Medical News

Will My Breast Cancer Come Back?

An Update from the 2-PREVENT Breast Cancer Translational Center for Excellence

Angela DeMichele, MD, MSCE
Co-Leader, Breast Cancer Research Program
Co-Director, 2-PREVENT Breast Cancer Translational Center for Excellence
Abramson Cancer Center, Penn Medicine
2022 PA Breast Cancer Coalition Potamkin Prize Winner

While many patients are cured of early breast cancer, there is still a group of patients who relapse at some point in their lifetime with incurable metastatic breast cancer. There is currently no tool available in practice to identify which patients will relapse after completing treatment, so “watchful waiting” is the standard. Thus, though many patients will ultimately be cured, without a way to proactively monitor for disease before relapse, every patient diagnosed carries the weight of anxiety and fear about recurrence. Our focus has been to determine how to prevent metastatic breast cancer by identifying patients with tumor cells that remain dormant over many years and find ways to prevent those cells from causing a recurrence.

Dormant cells (DTCs) are “sleeper cells” that are not dividing or utilizing any external energy sources.
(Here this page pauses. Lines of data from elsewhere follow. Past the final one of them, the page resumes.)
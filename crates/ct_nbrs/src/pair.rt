ghost use Rattle.ct_nbrs.specs.inner.Pair.{pair_alike, pair_writes};

use nv_base::{Ip4, ObjId};
use std::hash::{Hash, Hasher};

/// What a neighbour is found by: the router's port that knows it, and its address.
#[derive(Clone, Copy, PartialEq, Eq)]
pub(crate) struct Pair {
    pub(crate) port: ObjId,
    pub(crate) addr: Ip4,
}

impl Hash for Pair {
    ghost hash_input = { pair_writes };

    ghost respects_eq = { pair_alike };

    fn hash<H: Hasher>(&self, state: &mut H) {
        state.write_u32(self.port.0);
        state.write_u32(self.addr.0);
    }
}
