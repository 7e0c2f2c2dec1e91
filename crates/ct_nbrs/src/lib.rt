//! What routers' ports have learnt of their neighbours: a MAC is found by the port and the address.
#![tactic(auto)]

mod nbrs;
mod pair;

pub use nbrs::Neighbours;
Laboratory studies have shown how these cells stay alive to ultimately reactivate and spread through a variety of different mechanisms. Preclinical studies in mice can kill these dormant cells and prevent breast cancer recurrence. However, to develop clinical strategies to identify and treat these dormant “sleeper” cells in breast cancer survivors to prevent recurrence, we need a way to find the patients who have them and to determine if our treatments work in real time – otherwise, it will take a lifetime to see results.

Currently, a DTC test is available to identify dormant cells in the bone marrow of breast cancer survivors. We know from large scale studies of tens of thousands of patients over the last 25 years that DTCs detected in bone marrow are a risk factor that increases the risk of relapse and death anywhere from 2 to 4-fold higher than that of patients without them. However, despite this knowledge, we do not use the DTC test in practice because we lack evidence and interventions on how to change the outcome of patients with a positive DTC test.
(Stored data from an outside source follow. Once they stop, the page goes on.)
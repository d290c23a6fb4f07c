// Reads a rule file (01, "Rule file"): its steps' names, as parts of the file, and its rules.
#![tactic(auto)]

ghost use Rattle.std.specs.Prelude.{◌≡◌, true, length, IfOk, OnOk};
ghost use Rattle.refusals.specs.Number.{result_number};
ghost use Rattle.template.specs.Number.{of_number};
ghost use Rattle.rule.specs.Good.{good_weight};
ghost use Rattle.fields.specs.Bytes.{four_at, part_at};
ghost use Rattle.fields.specs.Seen.{seen};
ghost use Rattle.rule_file.specs.Decode.{found, nothing, weight_at, rule_of, read_file};
ghost use Rattle.rule_file.specs.Fault.{good_weights, faults, first_fault};
ghost use Rattle.rule_file.specs.Code.Held.{decoded_in, WithinLimits, Grown};
ghost use Rattle.rule_file.specs.Held.{held_file};
ghost use Rattle.rule_file.specs.Name.{name_refusal, step_name};
ghost use Rattle.rule_file.specs.Contents.{number_refusal};

use faults::field_fault;
use fields::{Field, byte, field_at, four, part};
use refusals::{Refusal, fault, number_of, refuse_if};
use rule::{Rule, Weights};
use rule_file::{Place, RuleFile};
use template::Template;

// The template of a number, with the count where it counts x. A number that has none was refused before.
fn template_of(number: u8, count: u8) -> Template
    ensures { result ≡ found (of_number number count) }
{
    Template::of_number(number, count).unwrap_or(Template::Participation)
}

// The weight at i of a rule's content, made of its bits once these are tested.
#[tactic(auto, using(rule::specs::Laws::Weight::no_nan))]
fn weight_at(content: &[u8], i: usize) -> f32
    requires { good_weight (four_at content.now i) ≡ true }
    ensures { result ≡ weight_at content.now i }
{
    f32::from_bits(four(content, i))
}

// The rule of a content whose weights were tested.
#[tactic(auto, using(rule_file::specs::Laws::Weight::each_good), unfolding(rule_file::specs::Decode::rule_of))]
fn rule_of(content: &[u8]) -> Rule
    requires { good_weights content.now ≡ true }
    ensures { result ≡ rule_of content.now }
{
    let weights = Weights {
        support: weight_at(content, 3),
        confidence: weight_at(content, 7),
        interest: weight_at(content, 11),
    };
    Rule {
        template: template_of(byte(content, 0), byte(content, 2)),
        x: byte(content, 1),
        y: byte(content, 2),
        weights,
    }
}

// No step and no rule.
#[tactic(auto, unfolding(rule_file::specs::Held::held_file, lists::specs::Padded::padded))]
fn nothing_held() -> RuleFile
    ensures { result ≡ held_file nothing }
{
    let weights = Weights {
        support: 0.0,
        confidence: 0.0,
        interest: 0.0,
    };
    let rule = Rule {
        template: Template::Participation,
        x: 0,
        y: 0,
        weights,
    };
    let place = Place { start: 0, size: 0 };
    RuleFile {
        steps: 0,
        names: [place; RuleFile::MOST_STEPS],
        count: 0,
        rules: [rule; RuleFile::MOST_RULES],
    }
}

// Holds the step or the rule that a field of the file declares, or refuses the field by its first fault.
fn hold_field(file: &[u8], field: &Field, held: &mut RuleFile) -> Result<(), Refusal>
    requires within { WithinLimits held.old }
    requires there { part_at file.now field.now.start (length field.now.content.now) ≡ field.now.content.now }
    ensures number { result_number result ≡ first_fault (faults (decoded_in file.now held.old) (seen field.now)) }
    ensures grown { OnOk result (Grown file.now (seen field.now) held.old held.new) }
{
    field_fault(file, held, field)?;
    if field.tag == RuleFile::STEP_TAG {
        held.names[held.steps] = Place {
            start: field.start,
            size: field.content.len(),
        };
        held.steps += 1;
    } else {
        held.rules[held.count] = rule_of(field.content);
        held.count += 1;
    }
    Ok(())
}

// What a file declares.
pub fn read(file: &[u8]) -> Result<RuleFile, Refusal>
    ensures number { result_number result ≡ (read_file file.now).refusal }
    ensures file { IfOk result (λ held. held ≡ held_file (read_file file.now).decoded) }
{
    let mut held = nothing_held();
    let mut at = 0;
    // Fields are as long as they say: where the next one begins is only known once this one is read.
    while at < file.len() {
        let field = field_at(file, at);
        hold_field(file, &field, &mut held)?;
        at = field.start + field.content.len();
    }
    refuse_if(held.steps < 1, Refusal::NoStep)?;
    Ok(held)
}

// The name of a step as that part of the file.
pub fn named_step(file: &[u8], step: usize) -> Result<&[u8], Refusal>
    ensures number { result_number result ≡ name_refusal file.now step }
    ensures name { IfOk result (λ name. name.now ≡ step_name file.now step) }
{
    let held = read(file)?;
    refuse_if(held.steps <= step, Refusal::UndeclaredStep)?;
    let place = held.names[step];
    Ok(part(file, place.start, place.size))
}

// The name of a step, and an empty part where `name_refusal` refuses.
pub fn step_name(file: &[u8], step: usize) -> &[u8]
    ensures { result.now ≡ step_name file.now step }
{
    match named_step(file, step) {
        Ok(name) => name,
        Err(_) => &file[..0],
    }
}

// The refusal of `step_name` on the same input, where it hands back no name.
pub fn name_refusal(file: &[u8], step: usize) -> Result<(), Refusal>
    ensures { result_number result ≡ name_refusal file.now step }
{
    let _ = named_step(file, step)?;
    Ok(())
}

// Refuses a rule number of a file with so many rules.
pub fn rule_refusal(count: usize, rule: u32) -> Result<(), Refusal>
    ensures { result_number result ≡ number_refusal 0 count rule }
{
    refuse_if(rule == 0 || count < rule as usize, Refusal::NoRule)
}

// The refusal of a rule number, after that of a file with so many rules. By number: it promises its answer for every
// number, also for one that no refusal has.
pub fn number_refusal(refusal: u8, count: usize, rule: u32) -> u8
    ensures { result ≡ number_refusal refusal count rule }
{
    fault(refusal != 0, refusal, number_of(rule_refusal(count, rule)))
}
Within the 2-PREVENT Center, we have undertaken large scale studies to develop ways to detect DTCs, monitor breast cancer survivors for them, and treat them when we find them. The goal is to be able to monitor any patient who has been treated for breast cancer with this test, and to have treatments available that will get rid of these cells, preventing metastatic relapse and leading to cure. We have also begun testing the blood of the patients in these studies to see if there is evidence of tumor cells there. This test detects fragments of DNA from tumor cells that have reactivated. We now know that this is often detected just a few months before a recurrence.

These ongoing studies will enable us to develop the best strategies for screening breast cancer survivors for dormant “sleeper cells” with the DTC test as a surrogate biomarker and be able to see how adding the ctDNA test to the surveillance strategy can improve it. We will be able to fully understand whether drugs we are testing in our trials that target these cells have a sustained effect by both watching for relapse in patients at high risk of recurrence, and by determining whether an undetectable DTC test predicts long term benefit from these treatments. The success of this testing, treating and surveillance could provide every breast cancer survivor with the peace of mind to be proactive and the ability to cure remaining patients who relapse and die of this disease.